Die Blaskapelle Hermann Gropp spielte "Stern, auf den ich schaue", A Krummacher, 1857, in Schlesien bekannt und den Choral "Ich hatt' einen Kameraden".
Vertriebenen-Seelsorger Adam Possmayer erinnerte in seiner Gedenkrede zum Totengedenken an die blutigen Ereignisse am 4. März 1919. Nie vergessen könne man, als vor 98 Jahren im Sudetenland, in Kaaden, Sternberg, Karlsbad, Arnau , Eger, Mies und Aussig an der Elbe damalige deutsche Bürger friedlich für ihr Recht auf Selbstbestimmung demonstrierten. 54 Opfer von unschuldigen Sudetendeutschen waren damals zu beklagen und hunderte Verwundete.
Zur Eröffnung spielte die Blaskapelle Hermann Gropp Beethovens Europahymne "An die Freude", zwischen den Reden Händels "Marsch aus Josua", den Frankenmarsch, Allemande von Johann Schein und am Ende die Bayernhymne und das Deutschlandlied. - Foto SL
Nach dem Grußwort von Alt-Bürgermeister Rainer Kinzkofer hielt Steffen Hörtler, SL-Landesobmann und stv.
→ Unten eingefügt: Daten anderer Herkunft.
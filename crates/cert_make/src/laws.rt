ghost use Rattle.std.specs.Prelude.{ℕ, Bool, List};
ghost use Rattle.net_values.specs.Net.{Net};
ghost use Rattle.cert_make.specs.Laws.{CommonerHasCertificate, NarrowOrWide};

/// A net within the limits that meets Commoner's condition has a certificate for it.
pub fn commoner_nets_have_a_certificate()
    ensures { (net : Net) → CommonerHasCertificate net }
{}

/// The named rows are narrow at every column, or there is a first wide check.
pub fn named_rows_are_narrow_or_wide()
    ensures { (net : Net) (rows : List (List ℕ)) (named : ℕ → Bool) → NarrowOrWide net rows named }
{}
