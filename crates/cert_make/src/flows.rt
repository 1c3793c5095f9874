ghost use Rattle.std.specs.Prelude.{◌≡◌, [], ◌<◌, ℕ, IfOk, IfErr, OnOk, MatchOption, length, slice_index, slice_index_or};
ghost use Rattle.net_values.specs.FlatNets.{net_of};
ghost use Rattle.net_values.specs.PlaceSets.{has};
ghost use Rattle.net_values.specs.Vectors.{IsVector};
ghost use Rattle.cert_make.specs.BoundCertificates.{flows_below, terms_below};
ghost use Rattle.cert_make.specs.BoundCertificates.{AreNarrowFlows, FailsToCertify, IsFirstWide, IsNarrow};
ghost use Rattle.cert_make.specs.Making.{AreNumbers, AreVectors, FailsAt, FitNumbers};

use crate::fault::BoundCertFault;
use certificates::{Flow, Flows};
use incidence::net_sums;
use net_values::{CopyList, FlatNet, NoMemory, Rows, Vector};
use std::alloc::Global;

/// The flows of the named rows. The list of numbers, which is empty at first, gets that of each row among them.
pub(crate) fn named_flows(
    alloc: Global,
    net: &FlatNet,
    rows: &Rows,
    named: &[bool],
    numbers: &mut CopyList<u32>,
) -> Result<Flows, BoundCertFault>
    requires sizes { (k : ℕ) → k < length rows.now → length (slice_index_or rows.now k []) ≡ (net_of net.now).places }
    requires named { length named.now ≡ length rows.now }
    requires fit { FitNumbers rows.now (has named.now) }
    requires empty { numbers.old ≡ [] }
    ensures exact { IfOk result (λ flows. flows ≡ flows_below rows.now (has named.now) (length rows.now)) }
    ensures numbers { OnOk result (AreNumbers rows.now (has named.now) (length rows.now) numbers.new) }
    ensures narrow { OnOk result (AreNarrowFlows (net_of net.now) rows.now (has named.now) (length rows.now)) }
    ensures vectors { OnOk result (AreVectors rows.now (has named.now) (length rows.now)) }
    ensures fault { IfErr result (FailsToCertify (net_of net.now) rows.now (has named.now)) }
{
    let mut flows = Flows::new(alloc);
    for (k, row) in rows.as_slice().iter().enumerate() {
        numbers.push(flows.len() as u32 + 1)?;
        if named[k] {
            flows.push(narrow_flow(alloc, net, row, k)?)?;
        }
    }
    Ok(flows)
}

/// The flow of a row, which has this number, where it is narrow at every column.
fn narrow_flow(
    alloc: Global,
    net: &FlatNet,
    row: &Vector,
    number: usize,
) -> Result<Flow, BoundCertFault>
    requires { length row.now ≡ (net_of net.now).places }
    ensures exact { IfOk result (λ flow. flow ≡ terms_below (length row.now) (slice_index row.now)) }
    ensures narrow { OnOk result (IsNarrow (net_of net.now) (slice_index row.now)) }
    ensures vector { OnOk result (IsVector row.now) }
    ensures fault { IfErr result (FailsAt (net_of net.now) (slice_index row.now) number) }
{
    if let Some(column) = first_wide_column(net, row) {
        return Err(BoundCertFault::WideCheck(number, column));
    }
    Ok(flow_of(alloc, row)?)
}

/// The first column of the net's incidence at which one of the two sums of the vector exceeds 2^127 - 1.
fn first_wide_column(net: &FlatNet, y: &Vector) -> Option<usize>
    requires { length y.now ≡ (net_of net.now).places }
    ensures { MatchOption result (IsNarrow (net_of net.now) (slice_index y.now)) (IsFirstWide (net_of net.now) (slice_index y.now)) }
{
    for column in 0..net.transitions() {
        let Ok(_) = net_sums(net, y, column) else {
            return Some(column);
        };
    }
    None
}

/// The places with a positive entry, each with it.
fn flow_of(alloc: Global, row: &Vector) -> Result<Flow, NoMemory>
    ensures exact { IfOk result (λ flow. flow ≡ terms_below (length row.now) (slice_index row.now)) }
    ensures vector { IsVector row.now }
{
    let mut flow = Flow::new(alloc);
    let mut walk = row.walk();
    'places: while let Some((p, entry)) = walk.next() {
        flow.push((p as u32, entry as i128))?;
    }
    Ok(flow)
}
SL-Bundesvorsitzender die Gedenkrede (Foto SL).
1526 kamen die böhmischen Länder und damit auch die Heimatgebiete der Sudetendeutschen unter die Herrschaft der Habsburger und wurden damit ein Teil Österreichs. Böhmen und Mähren gehörten zusammen mit ganz Österreich bis 1806 dem römisch-deutschen Reich, von 1815 bis 1866 dem Deutschen Bund und bis zum Kriegsende 1918 dem österreichisch-ungarischen Habsburgerreich an.
Das Ende des Ersten Weltkriegs 1918, brachte die Zerschlagung des österreichisch-ungarischen Vielvölkerstaates. Die rund 6,7 Millionen Tschechen forderten einen eigenen Staat, dem auch die industriereichen Siedlungsgebiete der Sudetendeutschen angehören sollten. Nach der Ausrufung der Tschechoslowakischen Republik (CSR) am 28. Oktober 1918 hatten damals die Sudetendeutschen unter Berufung auf das Selbstbestimmungsrecht der Völker den Verbleib ihrer Heimatgebiete bei dem zur Republik Deutsch-Österreich verkleinerten österreichischen Staat, der seinerseits seinen Willen zum Zusammenschluss mit dem Deutschen Reich bekundete.
Die Annahme des Versailler Vertrags durch Deutschland Anfang Juni 1919 machte diese Pläne jedoch zunichte. Gegen ihren ausdrücklichen Willen wurden die Sudetendeutschen dann mit dem Vertrag von St. Germain vom 10. September 1919 einem neuen Staat, eben der Tschechoslowakei, zugeschlagen, den sie nicht wollten, und an dessen Namen, Verfassung und Gründung sie keinen Anteil hatten und der seit seiner Gründung die Rechte seiner nicht-tschechischen bzw. nicht-slowakischen Bürger in vielen Lebensbereichen zwanzig Jahre lang systematisch missachtete.
Entgegen dem Versprechen des tschechischen Außenministers Edvard Benesch von 1919 begann die tschechoslowakische Staatsführung eine anti-sudetendeutsche Politik. Darunter fiel etwa die systematische Zurücksetzung der deutschen Sprache und Kultur, die Verdrängung der Deutschen aus dem öffentlichen Dienst, die Benachteiligung der deutschen Wirtschaft oder die Beschneidung der deutschen Selbstverwaltung.
Nach dem "Münchner Abkommen" ließ der deutsche Diktator Adolf Hitler 1938 die Gebiete gegen den Protest der Regierung in Prag besetzen, wenig später annektierte die Wehrmacht völkerrechtswidrig auch den Rest des heutigen Tschechiens. Nach dem Zweiten Weltkrieg ließ die tschechoslowakische Regierung die deutschsprachige Bevölkerungsgruppe vertreiben und enteignen. 2,8 Millionen Sudetendeutsche kamen nach Deutschland.
1985 formulierte der damalige Bundespräsident Richard von Weizsäcker: "Wer aber vor der Vergangenheit die Augen verschließt, wird blind für die Gegenwart".
Die Sudetendeutsche Landsmannschaft fordert seit der Bundesversammlung Ende Februar 2013 nicht länger die "Rückgabe" ihrer früheren Heimat. Demnach zielen die Verbandszwecke nicht mehr darauf, nach dem Zweiten Weltkrieg beschlagnahmtes Eigentum zurückzuerhalten. Gestrichen ist auch das Ziel, den "Rechtsanspruch auf die Heimat, deren Wiedergewinnung und das damit verbundene Selbstbestimmungsrecht der Volksgruppe durchzusetzen".
Als neues Ziel der Landsmannschaft wurde festgelegt, "Vertreibungen, ethnische Säuberungen, Verbrechen gegen die Menschlichkeit, menschen- und völkerrechtswidrige Enteignungen" weltweit zu ächten. Geschehenes Unrecht sei "auf der Grundlage eines gerechten Ausgleichs zu heilen". Die EU-Grundrechtecharta müsse für alle Mitgliedstaaten uneingeschränkt gelten.